→ **EXERCISE DESCRIPTION**: Return every line of the entries that includes the word "bool".

═══ MATERIAL FOR THIS TASK

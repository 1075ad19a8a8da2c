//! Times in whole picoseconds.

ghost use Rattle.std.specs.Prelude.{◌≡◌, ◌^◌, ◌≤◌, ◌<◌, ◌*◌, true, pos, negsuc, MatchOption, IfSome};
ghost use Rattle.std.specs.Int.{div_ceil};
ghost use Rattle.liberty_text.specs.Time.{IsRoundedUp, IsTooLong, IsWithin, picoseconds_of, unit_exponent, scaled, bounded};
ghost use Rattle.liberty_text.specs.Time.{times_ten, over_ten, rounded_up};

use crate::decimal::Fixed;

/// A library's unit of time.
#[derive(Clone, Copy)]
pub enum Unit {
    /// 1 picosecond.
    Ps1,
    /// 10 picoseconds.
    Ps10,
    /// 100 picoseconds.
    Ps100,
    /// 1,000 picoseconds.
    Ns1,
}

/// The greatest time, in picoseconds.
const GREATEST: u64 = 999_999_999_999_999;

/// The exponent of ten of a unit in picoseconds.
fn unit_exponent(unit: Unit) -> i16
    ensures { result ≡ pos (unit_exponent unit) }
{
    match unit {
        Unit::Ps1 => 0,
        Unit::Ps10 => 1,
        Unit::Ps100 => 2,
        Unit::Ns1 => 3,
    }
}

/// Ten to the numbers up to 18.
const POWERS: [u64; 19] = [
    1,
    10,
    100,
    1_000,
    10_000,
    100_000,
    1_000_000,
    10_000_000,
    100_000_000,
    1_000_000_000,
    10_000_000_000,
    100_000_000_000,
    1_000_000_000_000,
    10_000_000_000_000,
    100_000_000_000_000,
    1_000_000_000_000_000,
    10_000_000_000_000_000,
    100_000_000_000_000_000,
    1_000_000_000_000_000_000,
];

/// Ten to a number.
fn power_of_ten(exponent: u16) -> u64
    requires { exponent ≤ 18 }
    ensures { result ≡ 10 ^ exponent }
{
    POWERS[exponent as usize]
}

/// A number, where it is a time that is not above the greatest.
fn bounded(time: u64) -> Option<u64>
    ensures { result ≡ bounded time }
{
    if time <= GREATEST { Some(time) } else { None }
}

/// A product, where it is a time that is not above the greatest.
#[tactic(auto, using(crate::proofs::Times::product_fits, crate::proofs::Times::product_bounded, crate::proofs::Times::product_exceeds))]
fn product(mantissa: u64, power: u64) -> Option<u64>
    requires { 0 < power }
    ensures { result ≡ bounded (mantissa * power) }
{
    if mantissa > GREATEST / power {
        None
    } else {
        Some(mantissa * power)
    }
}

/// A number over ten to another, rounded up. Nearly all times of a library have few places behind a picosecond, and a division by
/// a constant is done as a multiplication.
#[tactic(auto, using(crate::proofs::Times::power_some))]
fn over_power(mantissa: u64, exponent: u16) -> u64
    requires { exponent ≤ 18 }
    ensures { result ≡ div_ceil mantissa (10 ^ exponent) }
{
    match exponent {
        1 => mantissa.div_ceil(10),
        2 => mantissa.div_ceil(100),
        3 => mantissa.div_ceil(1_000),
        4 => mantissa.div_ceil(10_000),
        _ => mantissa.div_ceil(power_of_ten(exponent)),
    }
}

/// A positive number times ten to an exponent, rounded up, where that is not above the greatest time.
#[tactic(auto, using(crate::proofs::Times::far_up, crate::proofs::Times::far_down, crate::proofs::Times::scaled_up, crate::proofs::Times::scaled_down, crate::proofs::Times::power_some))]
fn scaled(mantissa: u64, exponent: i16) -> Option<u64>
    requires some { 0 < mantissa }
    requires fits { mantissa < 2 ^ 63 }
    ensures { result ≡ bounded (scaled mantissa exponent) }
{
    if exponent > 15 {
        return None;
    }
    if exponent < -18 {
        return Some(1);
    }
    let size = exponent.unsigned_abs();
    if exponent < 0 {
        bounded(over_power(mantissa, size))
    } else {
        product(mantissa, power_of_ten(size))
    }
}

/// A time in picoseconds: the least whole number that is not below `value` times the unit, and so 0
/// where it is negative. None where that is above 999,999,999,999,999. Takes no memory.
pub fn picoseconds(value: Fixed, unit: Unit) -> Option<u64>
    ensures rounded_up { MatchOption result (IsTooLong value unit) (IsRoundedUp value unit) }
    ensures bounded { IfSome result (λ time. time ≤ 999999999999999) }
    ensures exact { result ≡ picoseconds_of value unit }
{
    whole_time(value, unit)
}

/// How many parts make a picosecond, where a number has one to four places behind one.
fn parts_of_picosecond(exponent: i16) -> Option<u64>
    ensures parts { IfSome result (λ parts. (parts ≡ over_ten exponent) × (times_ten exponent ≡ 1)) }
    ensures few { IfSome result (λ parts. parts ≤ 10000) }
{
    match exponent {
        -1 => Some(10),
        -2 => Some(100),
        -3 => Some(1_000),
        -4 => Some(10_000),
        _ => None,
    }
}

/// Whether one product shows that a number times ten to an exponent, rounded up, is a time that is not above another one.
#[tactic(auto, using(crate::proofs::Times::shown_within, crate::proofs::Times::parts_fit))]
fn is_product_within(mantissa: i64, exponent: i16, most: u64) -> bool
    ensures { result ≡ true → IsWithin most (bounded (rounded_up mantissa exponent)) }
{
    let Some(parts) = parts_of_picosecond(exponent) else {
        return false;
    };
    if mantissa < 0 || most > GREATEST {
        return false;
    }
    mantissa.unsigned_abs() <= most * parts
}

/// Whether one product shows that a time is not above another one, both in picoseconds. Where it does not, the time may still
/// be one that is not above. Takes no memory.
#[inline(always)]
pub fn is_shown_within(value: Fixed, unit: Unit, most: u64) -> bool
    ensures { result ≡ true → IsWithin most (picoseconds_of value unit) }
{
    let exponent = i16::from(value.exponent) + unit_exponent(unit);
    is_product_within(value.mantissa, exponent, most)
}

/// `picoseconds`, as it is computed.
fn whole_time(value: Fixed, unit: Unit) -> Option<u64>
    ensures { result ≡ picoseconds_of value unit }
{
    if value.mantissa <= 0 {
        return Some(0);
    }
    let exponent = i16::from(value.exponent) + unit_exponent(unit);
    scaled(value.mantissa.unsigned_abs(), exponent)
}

══════

→ **WRITTEN ANSWER**:
fn is_product_within(mantissa: i64, exponent: i16, most: u64) -> bool
pub fn is_shown_within(value: Fixed, unit: Unit, most: u64) -> bool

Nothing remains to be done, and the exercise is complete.